• [DATA IN THIS EXERCISE]
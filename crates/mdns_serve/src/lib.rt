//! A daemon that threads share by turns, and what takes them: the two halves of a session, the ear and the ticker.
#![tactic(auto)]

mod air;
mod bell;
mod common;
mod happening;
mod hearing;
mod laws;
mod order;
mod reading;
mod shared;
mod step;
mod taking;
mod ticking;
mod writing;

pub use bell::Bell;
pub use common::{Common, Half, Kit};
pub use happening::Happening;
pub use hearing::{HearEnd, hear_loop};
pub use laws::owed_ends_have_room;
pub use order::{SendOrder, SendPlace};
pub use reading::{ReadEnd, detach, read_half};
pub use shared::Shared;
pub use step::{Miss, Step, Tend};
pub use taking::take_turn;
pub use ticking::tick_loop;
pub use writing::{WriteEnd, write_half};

* * *

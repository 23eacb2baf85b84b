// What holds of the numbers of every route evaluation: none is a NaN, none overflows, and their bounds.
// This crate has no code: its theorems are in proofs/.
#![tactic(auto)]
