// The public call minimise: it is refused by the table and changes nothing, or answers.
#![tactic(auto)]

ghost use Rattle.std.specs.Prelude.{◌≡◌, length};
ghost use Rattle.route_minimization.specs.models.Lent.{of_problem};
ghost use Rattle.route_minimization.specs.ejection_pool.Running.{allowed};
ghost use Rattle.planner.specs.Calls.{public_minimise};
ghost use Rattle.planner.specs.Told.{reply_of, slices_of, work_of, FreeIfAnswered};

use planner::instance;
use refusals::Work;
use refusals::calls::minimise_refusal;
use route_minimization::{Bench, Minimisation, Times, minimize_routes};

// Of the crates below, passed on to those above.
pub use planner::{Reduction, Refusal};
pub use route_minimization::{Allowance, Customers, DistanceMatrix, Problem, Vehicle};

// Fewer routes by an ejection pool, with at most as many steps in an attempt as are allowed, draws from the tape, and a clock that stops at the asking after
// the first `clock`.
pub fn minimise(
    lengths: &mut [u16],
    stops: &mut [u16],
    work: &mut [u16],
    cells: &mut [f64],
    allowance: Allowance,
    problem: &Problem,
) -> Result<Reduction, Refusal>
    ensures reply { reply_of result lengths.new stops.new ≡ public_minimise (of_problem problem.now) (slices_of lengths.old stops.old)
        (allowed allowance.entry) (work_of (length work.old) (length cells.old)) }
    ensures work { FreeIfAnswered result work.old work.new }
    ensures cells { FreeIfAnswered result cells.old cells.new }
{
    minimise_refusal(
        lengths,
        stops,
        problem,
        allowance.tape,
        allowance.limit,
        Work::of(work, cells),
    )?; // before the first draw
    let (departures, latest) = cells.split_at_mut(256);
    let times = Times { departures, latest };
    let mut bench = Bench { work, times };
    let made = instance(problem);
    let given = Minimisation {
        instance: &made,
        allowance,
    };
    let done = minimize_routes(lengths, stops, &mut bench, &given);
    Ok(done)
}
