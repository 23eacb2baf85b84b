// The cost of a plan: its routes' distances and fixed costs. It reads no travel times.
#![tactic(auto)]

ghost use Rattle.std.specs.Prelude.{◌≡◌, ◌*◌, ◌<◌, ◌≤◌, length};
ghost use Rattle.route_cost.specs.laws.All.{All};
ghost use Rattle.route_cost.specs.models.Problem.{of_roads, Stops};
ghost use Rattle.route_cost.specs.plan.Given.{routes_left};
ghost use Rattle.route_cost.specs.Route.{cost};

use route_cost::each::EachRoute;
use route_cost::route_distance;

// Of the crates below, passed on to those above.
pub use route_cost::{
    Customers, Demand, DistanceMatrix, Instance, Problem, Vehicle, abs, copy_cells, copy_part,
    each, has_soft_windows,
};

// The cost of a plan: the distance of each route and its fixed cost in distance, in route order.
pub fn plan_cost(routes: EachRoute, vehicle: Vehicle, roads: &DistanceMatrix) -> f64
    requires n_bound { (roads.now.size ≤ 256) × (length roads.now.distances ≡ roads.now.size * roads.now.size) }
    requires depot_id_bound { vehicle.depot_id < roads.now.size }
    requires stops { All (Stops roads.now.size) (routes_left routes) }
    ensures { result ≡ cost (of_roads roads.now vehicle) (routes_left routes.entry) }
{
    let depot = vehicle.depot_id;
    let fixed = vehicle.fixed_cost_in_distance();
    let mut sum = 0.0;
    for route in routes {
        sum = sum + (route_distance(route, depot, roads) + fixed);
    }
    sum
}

• [WHAT IS EXPECTED]
Each line in the data that holds the word "departures" must be copied.

• [TASK RESULT]
    let (departures, latest) = cells.split_at_mut(256);
    let times = Times { departures, latest };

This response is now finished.